__DIRECTIONS FOR THIS TASK__:
Using the records below, quote only the span that opens with the line containing "impl Model for Finished" and closes with the line containing "λ f. record", exactly and inclusively.

[Stored items]
[Start of section]
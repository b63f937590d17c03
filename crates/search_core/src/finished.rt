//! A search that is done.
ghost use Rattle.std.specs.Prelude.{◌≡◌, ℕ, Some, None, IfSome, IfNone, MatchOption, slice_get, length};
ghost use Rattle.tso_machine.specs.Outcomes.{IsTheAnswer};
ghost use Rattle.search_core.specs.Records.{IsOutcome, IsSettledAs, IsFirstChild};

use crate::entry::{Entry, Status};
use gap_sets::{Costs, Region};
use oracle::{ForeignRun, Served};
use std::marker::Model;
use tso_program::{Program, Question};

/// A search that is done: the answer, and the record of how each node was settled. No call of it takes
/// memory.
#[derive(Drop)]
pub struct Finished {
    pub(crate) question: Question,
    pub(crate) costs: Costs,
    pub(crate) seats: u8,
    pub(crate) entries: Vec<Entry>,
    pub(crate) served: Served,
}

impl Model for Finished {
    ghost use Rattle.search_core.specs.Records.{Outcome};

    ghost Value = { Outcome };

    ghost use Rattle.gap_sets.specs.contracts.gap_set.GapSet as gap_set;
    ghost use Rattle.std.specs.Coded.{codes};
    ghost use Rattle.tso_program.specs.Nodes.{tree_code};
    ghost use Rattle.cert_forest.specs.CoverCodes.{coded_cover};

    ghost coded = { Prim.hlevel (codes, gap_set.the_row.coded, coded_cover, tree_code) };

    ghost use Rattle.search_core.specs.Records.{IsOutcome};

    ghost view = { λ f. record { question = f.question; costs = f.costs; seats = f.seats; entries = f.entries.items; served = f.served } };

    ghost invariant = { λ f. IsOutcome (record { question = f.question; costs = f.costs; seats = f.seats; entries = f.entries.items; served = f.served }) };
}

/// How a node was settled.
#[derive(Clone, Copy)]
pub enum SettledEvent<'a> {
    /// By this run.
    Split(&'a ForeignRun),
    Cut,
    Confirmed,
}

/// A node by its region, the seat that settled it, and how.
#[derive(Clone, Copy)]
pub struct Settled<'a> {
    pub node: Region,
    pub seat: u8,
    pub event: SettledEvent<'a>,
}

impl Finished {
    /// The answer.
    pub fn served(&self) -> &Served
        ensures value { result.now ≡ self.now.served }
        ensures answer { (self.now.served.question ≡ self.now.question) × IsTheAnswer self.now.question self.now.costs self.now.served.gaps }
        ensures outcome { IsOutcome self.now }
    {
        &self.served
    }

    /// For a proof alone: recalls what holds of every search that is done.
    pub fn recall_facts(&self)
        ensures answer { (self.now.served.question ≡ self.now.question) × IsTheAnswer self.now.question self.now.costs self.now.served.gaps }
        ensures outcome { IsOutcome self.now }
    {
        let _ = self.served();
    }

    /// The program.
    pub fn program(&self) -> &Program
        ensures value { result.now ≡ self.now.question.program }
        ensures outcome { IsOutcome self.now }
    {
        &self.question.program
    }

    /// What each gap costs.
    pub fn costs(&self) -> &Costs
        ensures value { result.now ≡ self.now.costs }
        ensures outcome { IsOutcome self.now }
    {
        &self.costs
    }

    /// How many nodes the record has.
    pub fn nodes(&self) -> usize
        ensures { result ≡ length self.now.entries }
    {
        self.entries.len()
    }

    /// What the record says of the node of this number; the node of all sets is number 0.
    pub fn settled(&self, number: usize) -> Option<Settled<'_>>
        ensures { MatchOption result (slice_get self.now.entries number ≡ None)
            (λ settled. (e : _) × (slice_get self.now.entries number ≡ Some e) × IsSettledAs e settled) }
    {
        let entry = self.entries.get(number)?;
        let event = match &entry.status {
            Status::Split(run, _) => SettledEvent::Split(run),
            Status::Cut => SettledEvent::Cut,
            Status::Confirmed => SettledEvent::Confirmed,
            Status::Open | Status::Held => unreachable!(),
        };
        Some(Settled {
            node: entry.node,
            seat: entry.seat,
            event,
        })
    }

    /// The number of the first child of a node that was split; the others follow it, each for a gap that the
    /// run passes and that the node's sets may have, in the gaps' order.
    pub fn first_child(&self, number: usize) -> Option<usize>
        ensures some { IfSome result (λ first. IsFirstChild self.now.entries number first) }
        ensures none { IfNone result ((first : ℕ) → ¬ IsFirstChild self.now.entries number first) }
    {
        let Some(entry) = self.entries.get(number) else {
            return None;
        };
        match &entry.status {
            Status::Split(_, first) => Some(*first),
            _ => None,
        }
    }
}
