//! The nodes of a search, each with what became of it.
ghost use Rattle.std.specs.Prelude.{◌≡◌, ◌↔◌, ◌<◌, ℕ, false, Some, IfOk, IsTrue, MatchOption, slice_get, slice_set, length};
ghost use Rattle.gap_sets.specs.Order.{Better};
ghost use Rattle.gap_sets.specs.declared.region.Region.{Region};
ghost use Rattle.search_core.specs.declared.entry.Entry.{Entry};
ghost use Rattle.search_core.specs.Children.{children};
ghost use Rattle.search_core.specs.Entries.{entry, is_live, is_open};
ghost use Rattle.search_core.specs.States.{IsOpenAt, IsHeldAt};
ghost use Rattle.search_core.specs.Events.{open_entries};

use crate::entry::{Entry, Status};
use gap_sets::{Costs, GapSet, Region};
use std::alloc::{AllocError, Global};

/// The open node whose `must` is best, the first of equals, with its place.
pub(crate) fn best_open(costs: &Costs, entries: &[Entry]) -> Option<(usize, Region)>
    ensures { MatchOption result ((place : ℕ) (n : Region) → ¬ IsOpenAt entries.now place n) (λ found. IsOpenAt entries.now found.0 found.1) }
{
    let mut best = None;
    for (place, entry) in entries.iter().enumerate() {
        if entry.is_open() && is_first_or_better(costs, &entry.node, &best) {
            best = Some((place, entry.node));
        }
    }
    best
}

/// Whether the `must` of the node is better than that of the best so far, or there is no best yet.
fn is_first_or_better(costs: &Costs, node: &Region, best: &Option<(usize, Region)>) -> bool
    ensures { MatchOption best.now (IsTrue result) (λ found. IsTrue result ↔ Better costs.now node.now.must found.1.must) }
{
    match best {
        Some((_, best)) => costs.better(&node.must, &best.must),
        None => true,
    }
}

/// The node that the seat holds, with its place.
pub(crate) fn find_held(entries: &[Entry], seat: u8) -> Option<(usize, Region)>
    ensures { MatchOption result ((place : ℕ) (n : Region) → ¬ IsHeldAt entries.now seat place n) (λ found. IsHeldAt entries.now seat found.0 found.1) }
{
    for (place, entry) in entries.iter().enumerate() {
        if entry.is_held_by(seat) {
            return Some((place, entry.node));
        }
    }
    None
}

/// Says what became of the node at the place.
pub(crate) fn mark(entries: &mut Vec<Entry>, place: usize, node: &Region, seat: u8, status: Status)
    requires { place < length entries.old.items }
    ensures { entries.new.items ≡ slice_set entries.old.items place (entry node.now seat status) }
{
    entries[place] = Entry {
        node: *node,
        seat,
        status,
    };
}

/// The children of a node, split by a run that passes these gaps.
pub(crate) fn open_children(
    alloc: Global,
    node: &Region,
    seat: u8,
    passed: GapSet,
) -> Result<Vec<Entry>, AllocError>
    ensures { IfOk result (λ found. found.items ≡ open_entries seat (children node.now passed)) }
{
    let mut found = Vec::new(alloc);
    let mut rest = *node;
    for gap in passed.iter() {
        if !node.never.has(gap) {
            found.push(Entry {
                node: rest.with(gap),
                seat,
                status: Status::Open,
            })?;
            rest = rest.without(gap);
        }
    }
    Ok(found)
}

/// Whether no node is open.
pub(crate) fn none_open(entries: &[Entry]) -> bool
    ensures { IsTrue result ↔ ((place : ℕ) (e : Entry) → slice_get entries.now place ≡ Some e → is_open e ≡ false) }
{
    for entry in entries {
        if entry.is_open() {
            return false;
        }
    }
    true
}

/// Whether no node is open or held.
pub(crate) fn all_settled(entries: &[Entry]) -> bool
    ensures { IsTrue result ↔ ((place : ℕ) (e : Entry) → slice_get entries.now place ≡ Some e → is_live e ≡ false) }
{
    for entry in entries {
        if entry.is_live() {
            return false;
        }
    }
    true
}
[End of section]
[Start of section]
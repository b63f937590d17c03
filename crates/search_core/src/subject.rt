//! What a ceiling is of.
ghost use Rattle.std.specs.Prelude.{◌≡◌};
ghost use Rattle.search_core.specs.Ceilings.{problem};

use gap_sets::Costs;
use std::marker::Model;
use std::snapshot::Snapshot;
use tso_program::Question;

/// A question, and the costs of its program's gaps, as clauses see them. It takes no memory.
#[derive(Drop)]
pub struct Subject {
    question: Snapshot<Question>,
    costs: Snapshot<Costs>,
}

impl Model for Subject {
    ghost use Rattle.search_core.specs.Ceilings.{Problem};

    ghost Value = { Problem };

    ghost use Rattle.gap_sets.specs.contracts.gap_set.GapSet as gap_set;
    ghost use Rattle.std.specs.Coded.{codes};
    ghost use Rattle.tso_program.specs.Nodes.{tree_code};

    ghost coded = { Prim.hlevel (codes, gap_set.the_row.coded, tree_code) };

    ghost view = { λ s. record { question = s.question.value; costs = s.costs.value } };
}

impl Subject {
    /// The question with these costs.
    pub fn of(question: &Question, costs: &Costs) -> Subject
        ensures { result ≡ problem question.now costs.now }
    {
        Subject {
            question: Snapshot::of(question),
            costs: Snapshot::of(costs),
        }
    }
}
[End of section]
[Start of section]
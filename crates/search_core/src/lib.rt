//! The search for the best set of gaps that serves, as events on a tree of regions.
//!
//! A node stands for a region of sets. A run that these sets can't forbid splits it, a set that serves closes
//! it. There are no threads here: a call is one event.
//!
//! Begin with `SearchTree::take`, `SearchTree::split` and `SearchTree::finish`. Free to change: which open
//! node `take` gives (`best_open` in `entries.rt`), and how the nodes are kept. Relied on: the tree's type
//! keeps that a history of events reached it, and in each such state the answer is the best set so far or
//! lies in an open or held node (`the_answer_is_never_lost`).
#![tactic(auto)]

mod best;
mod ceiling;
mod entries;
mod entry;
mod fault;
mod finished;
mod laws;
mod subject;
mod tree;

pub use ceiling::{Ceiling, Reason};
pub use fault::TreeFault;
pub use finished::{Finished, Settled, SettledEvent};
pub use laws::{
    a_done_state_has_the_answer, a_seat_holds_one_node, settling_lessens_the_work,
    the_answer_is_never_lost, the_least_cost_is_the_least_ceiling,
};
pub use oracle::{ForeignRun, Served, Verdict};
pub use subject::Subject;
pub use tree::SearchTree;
[End of section]
__OUTPUT FOR THIS TASK__:
impl Model for Finished {
    ghost use Rattle.search_core.specs.Records.{Outcome};

    ghost Value = { Outcome };

    ghost use Rattle.gap_sets.specs.contracts.gap_set.GapSet as gap_set;
    ghost use Rattle.std.specs.Coded.{codes};
    ghost use Rattle.tso_program.specs.Nodes.{tree_code};
    ghost use Rattle.cert_forest.specs.CoverCodes.{coded_cover};

    ghost coded = { Prim.hlevel (codes, gap_set.the_row.coded, coded_cover, tree_code) };

    ghost use Rattle.search_core.specs.Records.{IsOutcome};

    ghost view = { λ f. record { question = f.question; costs = f.costs; seats = f.seats; entries = f.entries.items; served = f.served } };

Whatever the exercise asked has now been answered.